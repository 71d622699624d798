//! What a policy answers to a question.

use crate::answer_output::{
    allow_or_deny_word_of, push_ask_fault, push_debug_format, push_deciding_row_or_fault,
    push_escaped_text, push_spec_and_host_group_numbers_of_places,
};
use std::alloc::{AllocError, Global};
use sudoers_cvt::print_command;
use sudoers_list::{explain, list};
use sudoers_match::{
    Request, answer, find_answer, find_runas_default_for, host_groups, runas_default,
};
use sudoers_match_list::{
    AcyclicWalk, AskFault, CommandListKind, HostListKind, MemberKind, RunasGroupListKind,
    UserListKind, decide,
};
use sudoers_match_member::{CommandLine, Group, Person, Who};
use sudoers_tree::{Kind, LoadFault, Policy};

/// What is asked of a policy.
#[derive(Clone, Copy)]
pub enum PolicyQuestion<'a> {
    /// What its alias A of this kind says of a user.
    OfUser(Kind, &'a Person),
    /// What its runas alias A says of a group.
    OfGroup(&'a Group),
    /// What its host alias A says of a host.
    OfHost(&'a Who),
    /// What its command alias A says of a command.
    OfCommand(&'a CommandLine),
    /// Where a user has rules on a host.
    Places(&'a Who),
    /// As whom a command runs for him where nothing else is said.
    Default(&'a Who),
    /// What he may run.
    Listing(&'a Who),
    /// Whether a request is allowed.
    Allowed(&'a Request),
    /// Which row decides a request.
    Row(&'a Request),
    /// The command of that row with all that holds of it.
    Command(&'a Request),
    /// Why a request is allowed or denied.
    Reason(&'a Request),
}

/// Adds what the policy of the one file `text` answers to `question`; `no policy` if it is none.
pub fn push_answer_of_policy_text(
    alloc: Global,
    text: &[u8],
    question: PolicyQuestion<'_>,
    answers: &mut String,
) -> Result<(), AllocError> {
    match Policy::read(alloc, text) {
        Ok(policy) => push_policy_answer(alloc, &policy, question, answers),
        Err(LoadFault::NoMemory) => Err(AllocError),
        Err(_) => answers.push_str("no policy"),
    }
}

/// Adds what `policy` answers to `question`.
fn push_policy_answer(
    alloc: Global,
    policy: &Policy,
    question: PolicyQuestion<'_>,
    answers: &mut String,
) -> Result<(), AllocError> {
    match question {
        PolicyQuestion::OfUser(kind, user) => push_verdict_of_alias_named_a_on_value::<
            UserListKind,
        >(alloc, policy, kind, user, answers),
        PolicyQuestion::OfGroup(group) => push_verdict_of_alias_named_a_on_value::<
            RunasGroupListKind,
        >(alloc, policy, Kind::Runas, group, answers),
        PolicyQuestion::OfHost(who) => push_verdict_of_alias_named_a_on_value::<HostListKind>(
            alloc,
            policy,
            Kind::Host,
            who,
            answers,
        ),
        PolicyQuestion::OfCommand(command) => {
            push_verdict_of_alias_named_a_on_value::<CommandListKind>(
                alloc,
                policy,
                Kind::Cmnd,
                command,
                answers,
            )
        }
        PolicyQuestion::Places(who) => push_host_group_places_matching_user_and_host(
            alloc, policy, who, answers,
        ),
        PolicyQuestion::Default(who) => push_default_runas(alloc, policy, who, answers),
        PolicyQuestion::Listing(who) => push_privilege_listing(alloc, policy, who, answers),
        PolicyQuestion::Allowed(request) => push_request_verdict(alloc, policy, request, answers),
        PolicyQuestion::Row(request) => push_deciding_row_or_fault(
            answer(alloc, policy, request),
            answers,
        ),
        PolicyQuestion::Command(request) => push_text_or_ask_fault(
            print_deciding_command(alloc, policy, request),
            answers,
        ),
        PolicyQuestion::Reason(request) => push_text_or_ask_fault(
            explain_answer(alloc, policy, request),
            answers,
        ),
    }
}

/// Adds a text, or why there is none.
fn push_text_or_ask_fault(
    text: Result<Vec<u8>, AskFault>,
    answers: &mut String,
) -> Result<(), AllocError> {
    match text {
        Ok(text) => push_escaped_text(text.as_slice(), answers),
        Err(fault) => push_ask_fault(fault, answers),
    }
}

/// Returns the command of the row that decides a request, with all that holds of it; no byte if no row fits.
fn print_deciding_command(
    alloc: Global,
    policy: &Policy,
    request: &Request,
) -> Result<Vec<u8>, AskFault> {
    let acyclic = AcyclicWalk::new(alloc, policy.walk())?;
    let default = find_runas_default_for(alloc, &acyclic, &request.who)?;
    match find_answer(alloc, &acyclic, request, default)? {
        Some(found) => Ok(print_command(alloc, &found.head, &found.member)?),
        None => Ok(Vec::new(alloc)),
    }
}

/// Returns why a request is allowed or denied.
fn explain_answer(alloc: Global, policy: &Policy, request: &Request) -> Result<Vec<u8>, AskFault> {
    let found = answer(alloc, policy, request)?;
    explain(alloc, policy, request, found)
}

/// Adds what the alias A of `kind` says of `asked`: `Allow`, `Deny` or `Unsaid`.
fn push_verdict_of_alias_named_a_on_value<K: MemberKind>(
    alloc: Global,
    policy: &Policy,
    kind: Kind,
    asked: &K::Asked,
    answers: &mut String,
) -> Result<(), AllocError> {
    let Some(members) = policy.walk().members_of_alias(kind, b"A") else {
        return answers.push_str("no alias");
    };
    match decide::<K>(alloc, policy, kind, &members, asked) {
        Ok(verdict) => push_debug_format(&verdict, answers),
        Err(fault) => push_ask_fault(fault, answers),
    }
}

/// Adds the places of the host groups whose users and hosts match: `SPEC.GROUP`, with a space between; `none` if there is none.
fn push_host_group_places_matching_user_and_host(
    alloc: Global,
    policy: &Policy,
    who: &Who,
    answers: &mut String,
) -> Result<(), AllocError> {
    match host_groups(alloc, policy, who) {
        Ok(places) => push_spec_and_host_group_numbers_of_places(places.as_slice(), answers),
        Err(fault) => push_ask_fault(fault, answers),
    }
}

/// Adds the name as whom a command runs where nothing else is said: `empty` if it has no byte.
fn push_default_runas(
    alloc: Global,
    policy: &Policy,
    who: &Who,
    answers: &mut String,
) -> Result<(), AllocError> {
    match runas_default(alloc, policy, who) {
        Ok(b"") => answers.push_str("empty"),
        Ok(name) => push_escaped_text(name, answers),
        Err(fault) => push_ask_fault(fault, answers),
    }
}

/// Adds what a user may run on a host.
fn push_privilege_listing(
    alloc: Global,
    policy: &Policy,
    who: &Who,
    answers: &mut String,
) -> Result<(), AllocError> {
    push_text_or_ask_fault(list(alloc, policy, who), answers)
}

/// Adds whether a request is allowed: `allow` or `deny`, as the last row says that fits; `none` if no row fits.
fn push_request_verdict(
    alloc: Global,
    policy: &Policy,
    request: &Request,
    answers: &mut String,
) -> Result<(), AllocError> {
    match answer(alloc, policy, request) {
        Ok(Some(answer)) => answers.push_str(allow_or_deny_word_of(answer.allow)),
        Ok(None) => answers.push_str("none"),
        Err(fault) => push_ask_fault(fault, answers),
    }
}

- - - - -

**Assignment**: Word for word, restate all of the records.

**Written response**:
repository 71d622699624d798
//! What a policy answers to a question.

use crate::answer_output::{
    allow_or_deny_word_of, push_ask_fault, push_debug_format, push_deciding_row_or_fault,
    push_escaped_text, push_spec_and_host_group_numbers_of_places,
};
use std::alloc::{AllocError, Global};
use sudoers_cvt::print_command;
use sudoers_list::{explain, list};
use sudoers_match::{
    Request, answer, find_answer, find_runas_default_for, host_groups, runas_default,
};
use sudoers_match_list::{
    AcyclicWalk, AskFault, CommandListKind, HostListKind, MemberKind, RunasGroupListKind,
    UserListKind, decide,
};
use sudoers_match_member::{CommandLine, Group, Person, Who};
use sudoers_tree::{Kind, LoadFault, Policy};

/// What is asked of a policy.
#[derive(Clone, Copy)]
pub enum PolicyQuestion<'a> {
    /// What its alias A of this kind says of a user.
    OfUser(Kind, &'a Person),
    /// What its runas alias A says of a group.
    OfGroup(&'a Group),
    /// What its host alias A says of a host.
    OfHost(&'a Who),
    /// What its command alias A says of a command.
    OfCommand(&'a CommandLine),
    /// Where a user has rules on a host.
    Places(&'a Who),
    /// As whom a command runs for him where nothing else is said.
    Default(&'a Who),
    /// What he may run.
    Listing(&'a Who),
    /// Whether a request is allowed.
    Allowed(&'a Request),
    /// Which row decides a request.
    Row(&'a Request),
    /// The command of that row with all that holds of it.
    Command(&'a Request),
    /// Why a request is allowed or denied.
    Reason(&'a Request),
}

/// Adds what the policy of the one file `text` answers to `question`; `no policy` if it is none.
pub fn push_answer_of_policy_text(
    alloc: Global,
    text: &[u8],
    question: PolicyQuestion<'_>,
    answers: &mut String,
) -> Result<(), AllocError> {
    match Policy::read(alloc, text) {
        Ok(policy) => push_policy_answer(alloc, &policy, question, answers),
        Err(LoadFault::NoMemory) => Err(AllocError),
        Err(_) => answers.push_str("no policy"),
    }
}

/// Adds what `policy` answers to `question`.
fn push_policy_answer(
    alloc: Global,
    policy: &Policy,
    question: PolicyQuestion<'_>,
    answers: &mut String,
) -> Result<(), AllocError> {
    match question {
        PolicyQuestion::OfUser(kind, user) => push_verdict_of_alias_named_a_on_value::<
            UserListKind,
        >(alloc, policy, kind, user, answers),
        PolicyQuestion::OfGroup(group) => push_verdict_of_alias_named_a_on_value::<
            RunasGroupListKind,
        >(alloc, policy, Kind::Runas, group, answers),
        PolicyQuestion::OfHost(who) => push_verdict_of_alias_named_a_on_value::<HostListKind>(
            alloc,
            policy,
            Kind::Host,
            who,
            answers,
        ),
        PolicyQuestion::OfCommand(command) => {
            push_verdict_of_alias_named_a_on_value::<CommandListKind>(
                alloc,
                policy,
                Kind::Cmnd,
                command,
                answers,
            )
        }
        PolicyQuestion::Places(who) => push_host_group_places_matching_user_and_host(
            alloc, policy, who, answers,
        ),
        PolicyQuestion::Default(who) => push_default_runas(alloc, policy, who, answers),
        PolicyQuestion::Listing(who) => push_privilege_listing(alloc, policy, who, answers),
        PolicyQuestion::Allowed(request) => push_request_verdict(alloc, policy, request, answers),
        PolicyQuestion::Row(request) => push_deciding_row_or_fault(
            answer(alloc, policy, request),
            answers,
        ),
        PolicyQuestion::Command(request) => push_text_or_ask_fault(
            print_deciding_command(alloc, policy, request),
            answers,
        ),
        PolicyQuestion::Reason(request) => push_text_or_ask_fault(
            explain_answer(alloc, policy, request),
            answers,
        ),
    }
}

/// Adds a text, or why there is none.
fn push_text_or_ask_fault(
    text: Result<Vec<u8>, AskFault>,
    answers: &mut String,
) -> Result<(), AllocError> {
    match text {
        Ok(text) => push_escaped_text(text.as_slice(), answers),
        Err(fault) => push_ask_fault(fault, answers),
    }
}

/// Returns the command of the row that decides a request, with all that holds of it; no byte if no row fits.
fn print_deciding_command(
    alloc: Global,
    policy: &Policy,
    request: &Request,
) -> Result<Vec<u8>, AskFault> {
    let acyclic = AcyclicWalk::new(alloc, policy.walk())?;
    let default = find_runas_default_for(alloc, &acyclic, &request.who)?;
    match find_answer(alloc, &acyclic, request, default)? {
        Some(found) => Ok(print_command(alloc, &found.head, &found.member)?),
        None => Ok(Vec::new(alloc)),
    }
}

/// Returns why a request is allowed or denied.
fn explain_answer(alloc: Global, policy: &Policy, request: &Request) -> Result<Vec<u8>, AskFault> {
    let found = answer(alloc, policy, request)?;
    explain(alloc, policy, request, found)
}

/// Adds what the alias A of `kind` says of `asked`: `Allow`, `Deny` or `Unsaid`.
fn push_verdict_of_alias_named_a_on_value<K: MemberKind>(
    alloc: Global,
    policy: &Policy,
    kind: Kind,
    asked: &K::Asked,
    answers: &mut String,
) -> Result<(), AllocError> {
    let Some(members) = policy.walk().members_of_alias(kind, b"A") else {
        return answers.push_str("no alias");
    };
    match decide::<K>(alloc, policy, kind, &members, asked) {
        Ok(verdict) => push_debug_format(&verdict, answers),
        Err(fault) => push_ask_fault(fault, answers),
    }
}

/// Adds the places of the host groups whose users and hosts match: `SPEC.GROUP`, with a space between; `none` if there is none.
fn push_host_group_places_matching_user_and_host(
    alloc: Global,
    policy: &Policy,
    who: &Who,
    answers: &mut String,
) -> Result<(), AllocError> {
    match host_groups(alloc, policy, who) {
        Ok(places) => push_spec_and_host_group_numbers_of_places(places.as_slice(), answers),
        Err(fault) => push_ask_fault(fault, answers),
    }
}

/// Adds the name as whom a command runs where nothing else is said: `empty` if it has no byte.
fn push_default_runas(
    alloc: Global,
    policy: &Policy,
    who: &Who,
    answers: &mut String,
) -> Result<(), AllocError> {
    match runas_default(alloc, policy, who) {
        Ok(b"") => answers.push_str("empty"),
        Ok(name) => push_escaped_text(name, answers),
        Err(fault) => push_ask_fault(fault, answers),
    }
}

/// Adds what a user may run on a host.
fn push_privilege_listing(
    alloc: Global,
    policy: &Policy,
    who: &Who,
    answers: &mut String,
) -> Result<(), AllocError> {
    push_text_or_ask_fault(list(alloc, policy, who), answers)
}

/// Adds whether a request is allowed: `allow` or `deny`, as the last row says that fits; `none` if no row fits.
fn push_request_verdict(
    alloc: Global,
    policy: &Policy,
    request: &Request,
    answers: &mut String,
) -> Result<(), AllocError> {
    match answer(alloc, policy, request) {
        Ok(Some(answer)) => answers.push_str(allow_or_deny_word_of(answer.allow)),
        Ok(None) => answers.push_str("none"),
        Err(fault) => push_ask_fault(fault, answers),
    }
}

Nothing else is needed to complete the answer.